▶ **Your instructions**
Go through the entries and write each one out again unchanged.

▶ **Data excerpts**
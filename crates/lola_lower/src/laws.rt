ghost use Rattle.std.specs.Prelude.{◌≡◌, Some};
ghost use Rattle.lola_net.specs.declared.net.Net.{Net as TheNet};
ghost use Rattle.lola_flat.specs.Tree.{FlatTree};
ghost use Rattle.lola_flat.specs.Formed.{IsFormed};
ghost use Rattle.lola_lower.specs.Steps.{net_of};
ghost use Rattle.lola_lower.specs.Cycles.{HasCycles};
ghost use Rattle.lola_lower.specs.Named.{IsIdentifier, HasIdentifiers, HasBitNames};
ghost use Rattle.lola_lower.specs.Standing.{StandsAsMade};

/// The net of a well formed flat design has the design's cycles: in the bits of what a cycle is given, it shows the
/// bits of the outputs and of the pads in that cycle, and of the registers behind it.
pub fn lowered_cycles()
    ensures { (F : FlatTree) (net : TheNet) → IsFormed F → net_of F ≡ Some net → HasCycles F net }
{}

/// Where the names of its signals' paths are identifiers, the names of the net of a well formed flat design stand as
/// those of a net are to stand: each names a bit of one signal, vectors stand whole, inputs, outputs and pads are
/// ports, and no name comes twice.
pub fn lowered_names()
    ensures { (F : FlatTree) (net : TheNet) → IsFormed F → HasIdentifiers F → net_of F ≡ Some net → HasBitNames net }
{}

/// Where the names of the design and of its signals' paths are identifiers, that net stands so that it can be made again
/// from what its text says: its ports are inputs, outputs, pads and the clock, inputs and outputs in the order of the
/// ports, its nodes are inputs, then latches, then gates and pads, and each gate is what `and` makes of its literals
/// behind the nodes before it.
pub fn lowered_stands()
    ensures { (F : FlatTree) (net : TheNet) → IsFormed F → HasIdentifiers F → IsIdentifier F.root → net_of F ≡ Some net → StandsAsMade net }
{}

▶ **Task response**
filename crates/lola_lower/src/laws.rt
ghost use Rattle.std.specs.Prelude.{◌≡◌, Some};
ghost use Rattle.lola_net.specs.declared.net.Net.{Net as TheNet};
ghost use Rattle.lola_flat.specs.Tree.{FlatTree};
ghost use Rattle.lola_flat.specs.Formed.{IsFormed};
ghost use Rattle.lola_lower.specs.Steps.{net_of};
ghost use Rattle.lola_lower.specs.Cycles.{HasCycles};
ghost use Rattle.lola_lower.specs.Named.{IsIdentifier, HasIdentifiers, HasBitNames};
ghost use Rattle.lola_lower.specs.Standing.{StandsAsMade};

/// The net of a well formed flat design has the design's cycles: in the bits of what a cycle is given, it shows the
/// bits of the outputs and of the pads in that cycle, and of the registers behind it.
pub fn lowered_cycles()
    ensures { (F : FlatTree) (net : TheNet) → IsFormed F → net_of F ≡ Some net → HasCycles F net }
{}

/// Where the names of its signals' paths are identifiers, the names of the net of a well formed flat design stand as
/// those of a net are to stand: each names a bit of one signal, vectors stand whole, inputs, outputs and pads are
/// ports, and no name comes twice.
pub fn lowered_names()
    ensures { (F : FlatTree) (net : TheNet) → IsFormed F → HasIdentifiers F → net_of F ≡ Some net → HasBitNames net }
{}

/// Where the names of the design and of its signals' paths are identifiers, that net stands so that it can be made again
/// from what its text says: its ports are inputs, outputs, pads and the clock, inputs and outputs in the order of the
/// ports, its nodes are inputs, then latches, then gates and pads, and each gate is what `and` makes of its literals
/// behind the nodes before it.
pub fn lowered_stands()
    ensures { (F : FlatTree) (net : TheNet) → IsFormed F → HasIdentifiers F → IsIdentifier F.root → net_of F ≡ Some net → StandsAsMade net }
{}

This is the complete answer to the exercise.